The economic problems that began when rebels seized border
villages and gunmen started kidnapping travelers have worsened: lucrative fuel
smuggling has dropped off. The fish farms along the gushing Orontes River have
lost most of their business, which was with Syria. The restaurants there stand
empty, their umbrellas advertising Lebanese beer unopened. Apricots and apples
go unharvested.
Watching
the funeral, Abu Hassan, who gave only a nickname to protect his security, said
it might have been “a mistake” to fight Syrians, but added, “If we didn’t, they
will come to us.”
“I
dislike the whole situation,” he said. “The Syrians don’t trust us. They
consider us lambs permissible for slaughtering.”
Mistrust
had invaded the village, he said, even among some Shiites, as some have
supported the battle more enthusiastically than others, and especially between
them and the Syrian laborers who have long worked here.
“We’re
watching them,” he said.
Here,
Hezbollah finds itself caught between competing pressures. Some tribal Shiites,
who back Hezbollah politically but resent the way it has supplanted their
traditional power, voice discomfort with the fighting that has disrupted
livelihoods and community ties and want it to end as soon as possible.
On the
other hand, some followers chafe when the party urges restraint and
reconciliation and forbids them to attack rebels and their supporters in the
Lebanese Sunni village of Arsal across the valley. In the past week, the son of
a Sunni leader from Arsal was killed near Hermel, and four Shiites were killed near
Arsal, including two from the powerful Jaafari tribe.
Mohammed
Jaafar, a tribe member, said that the family was refraining from traditional
revenge killings at Hezbollah’s request — for now.
“We
won’t stay silent over our sons’ blood,” he said.
Even
though Hezbollah’s leader, Hassan Nasrallah, forbade celebratory gunfire in a
recent speech, as the funeral procession passed on Wednesday, relatives of the
dead fighter honored him with barrages of gunfire. Asked why, the Hezbollah
supporter said it was impossible to contain people’s emotions — and, eventually
their demands.
“I told
Sayyed Hassan myself, there is a point at which we can’t control the people,”

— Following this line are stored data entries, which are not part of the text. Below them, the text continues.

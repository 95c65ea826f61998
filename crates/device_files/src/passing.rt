//! Files of a folder that are there and could not be opened: refused where they are needed, else passed over.
ghost use Rattle.std.specs.Prelude.{◌≡◌, ◌≢◌, ◌<◌, ◌≤◌, ◌⊎◌, IfErr, IfOk, IsSome, IsTrue, None, OnErr, OnOk};
ghost use Rattle.std.specs.Prelude.{false, true, ℕ};
ghost use Rattle.sector_model.specs.declared.refusal.Refusal.{Refusal};
ghost use Rattle.sector_model.specs.declared.refusal.Refusal.TheVariants.{Memory, Worn};
ghost use Rattle.superblock.specs.NextTables.{slots_of};
ghost use Rattle.superblock.specs.Tables.{state_at};
ghost use Rattle.superblock.specs.declared.state.State.TheVariants.{Missing};
ghost use Rattle.device_files.specs.BankFiles.{AreAllSafe, BeginsWithFiles};
ghost use Rattle.device_files.specs.DeviceFiles.{IsMissingBy, IsMissingIn, IsNoTableIn, IsTableIn, barred_in};
ghost use Rattle.device_files.specs.declared.FolderFault.{FolderFault};
ghost use Rattle.device_files.specs.Faults.{IsBarredIn, IsPassingFault, Passes};

use super::{BankFile, DeviceFiles, FolderFault, Reason, SLOTS, bank_to_inspect, words_of};
use recovery::chosen_table;
use report::replies::write_slot_line;
use sector_model::Refusal;
use std::alloc::Global;
use std::io::Write;
use superblock::{State, Table};

/// Refuses the first slot from `first` on, below `end` and below 10, whose file is there and could not be opened, as
/// `NotOpened` with the reason.
pub fn refuse_barred<G: Drop>(files: &DeviceFiles<G>, first: u8, end: u8) -> Result<(), FolderFault>
    ensures none { OnOk result ((slot : ℕ) → first ≤ slot → slot < end → slot < 10
        → barred_in files.now.barred slot ≡ None) }
    ensures fault { IfErr result (IsBarredIn files.now.barred first end) }
{
    for slot in first..end.min(SLOTS as u8) {
        if let Some(reason) = files.barred[slot as usize] {
            return Err(FolderFault::NotOpened(slot, reason));
        }
    }
    Ok(())
}

/// Passes over each file that is there and could not be opened, and tells that to `err` as
/// `without dev1.img: read-only file system`: only where the set of this id, by the table that the other files choose,
/// calls each of their slots missing. Those are safe (condition), and only read.
///
/// `NotOpened` names the first of them of which that is not so, also where there is no such table; `Memory` where an
/// allocation was refused, and `Worn` where the count of device calls stands at 2^62, as in `chosen_table`. Nothing is
/// told then. A fault of `err` has no place to be told.
pub fn pass_over<F: BankFile, E: Write>(
    alloc: Global,
    files: &DeviceFiles<F>,
    id: [u8; 16],
    err: &mut E,
) -> Result<(), FolderFault>
    requires safe { AreAllSafe F.is_safe files.now.files.items }
    ensures missing { OnOk result ((slot : ℕ) → slot < 10 → IsSome (barred_in files.now.barred slot)
        → IsMissingIn (IsTrue F.tells) (BeginsWithFiles F.tells F.told F.left files.now.files.items) id slot) }
    ensures told { OnOk result (Passes E.contents files.now.barred err.old err.new) }
    ensures quiet { OnErr result (err.new ≡ err.old) }
    ensures fault { IfErr result (IsPassingFault files.now.barred) }
    ensures cause { IfErr result (λ fault. (refusal : Refusal) → fault ≡ FolderFault.Refused refusal → refusal ≢ Memory
        → IsNoTableIn (IsTrue F.tells) (BeginsWithFiles F.tells F.told F.left files.now.files.items) id refusal) }
{
    if refuse_barred(files, 0, SLOTS as u8).is_err() {
        let table = table_over(alloc, files, id)?;
        refuse_needed(&files.barred, &table)?;
    }
    tell_passed(&files.barred, err);
    Ok(())
}

// The table that the superblocks on the files of a folder choose for a set.
fn table_over<F: BankFile>(
    alloc: Global,
    files: &DeviceFiles<F>,
    id: [u8; 16],
) -> Result<Option<Table>, Refusal>
    requires safe { AreAllSafe F.is_safe files.now.files.items }
    ensures found { IfOk result (IsTableIn (IsTrue F.tells)
        (BeginsWithFiles F.tells F.told F.left files.now.files.items) id) }
    ensures err { IfErr result (λ refusal. (refusal ≡ Memory) ⊎ (refusal ≡ Worn)) }
    ensures cause { IfErr result (λ refusal. refusal ≢ Memory
        → IsNoTableIn (IsTrue F.tells) (BeginsWithFiles F.tells F.told F.left files.now.files.items) id refusal) }
{
    let mut bank = bank_to_inspect(alloc, files)?;
    chosen_table(&mut bank, id)
}

// Refuses the first slot whose file could not be opened, and that the table doesn't call missing.
fn refuse_needed(barred: &[Option<Reason>; SLOTS], table: &Option<Table>) -> Result<(), FolderFault>
    ensures missing { OnOk result ((slot : ℕ) → slot < 10 → IsSome (barred_in barred.now slot)
        → IsMissingBy table.now slot) }
    ensures fault { IfErr result (IsBarredIn barred.now 0 10) }
{
    for slot in 0..SLOTS as u8 {
        if let Some(reason) = barred[slot as usize] {
            if !is_missing(table, slot) {
                return Err(FolderFault::NotOpened(slot, reason));
            }
        }
    }
    Ok(())
}

// Whether there is a table, of which this is a slot that it calls missing.
fn is_missing(table: &Option<Table>, slot: u8) -> bool
    ensures { result ≡ true → IsMissingBy table.now slot }
{
    match table {
        Some(table) => {
            slot < table.geometry.members + 2 && table.states[slot as usize] == State::Missing
        }
        None => false,
    }
}

// Tells which files are passed over, and why.
fn tell_passed<E: Write>(barred: &[Option<Reason>; SLOTS], err: &mut E)
    ensures told { Passes E.contents barred.now err.old err.new }
{
    for slot in 0..SLOTS {
        if let Some(reason) = barred[slot] {
            let _ = write_slot_line(err, b"without ", slot as u8, words_of(reason));
        }
    }
}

he said. “If we could, then people from Arsal wouldn’t have been killed, nor
the Jaafari people.”
After
the funeral, he awaited a meeting with a sheik from Arsal, part of a flurry of
talks that aims to keep tensions low. Hezbollah, according to multiple Hermel
residents and Sunnis visiting from Syria who do not support the uprising, has
worked behind the scenes to keep Sunnis safe in Shiite-majority villages on
both sides of the border, once even paying compensation to Shiites who wanted
to take revenge on antigovernment Sunnis they said destroyed their homes.
But the
Hezbollah supporter said he believed the rebels had not reciprocated. “That’s
what hurts,” he said.
North
of Hermel, the Syrian border was quiet, the black-clad Hezbollah fighters who
had been active there during the Qusayr battle nowhere to be seen; Hezbollah
supporters said they had moved on to other battles in Syria.
Hussein
Jamal, a Shiite man living at the border, whose yard had been struck by a shell
and whose brother was kidnapped and never returned, said he felt safer now, but
was unsure if relations with neighboring Sunnis would ever be the same.
“We
were told no one was allowed to be hurt,” he said. “But without the leadership
I don’t think they would be staying here.”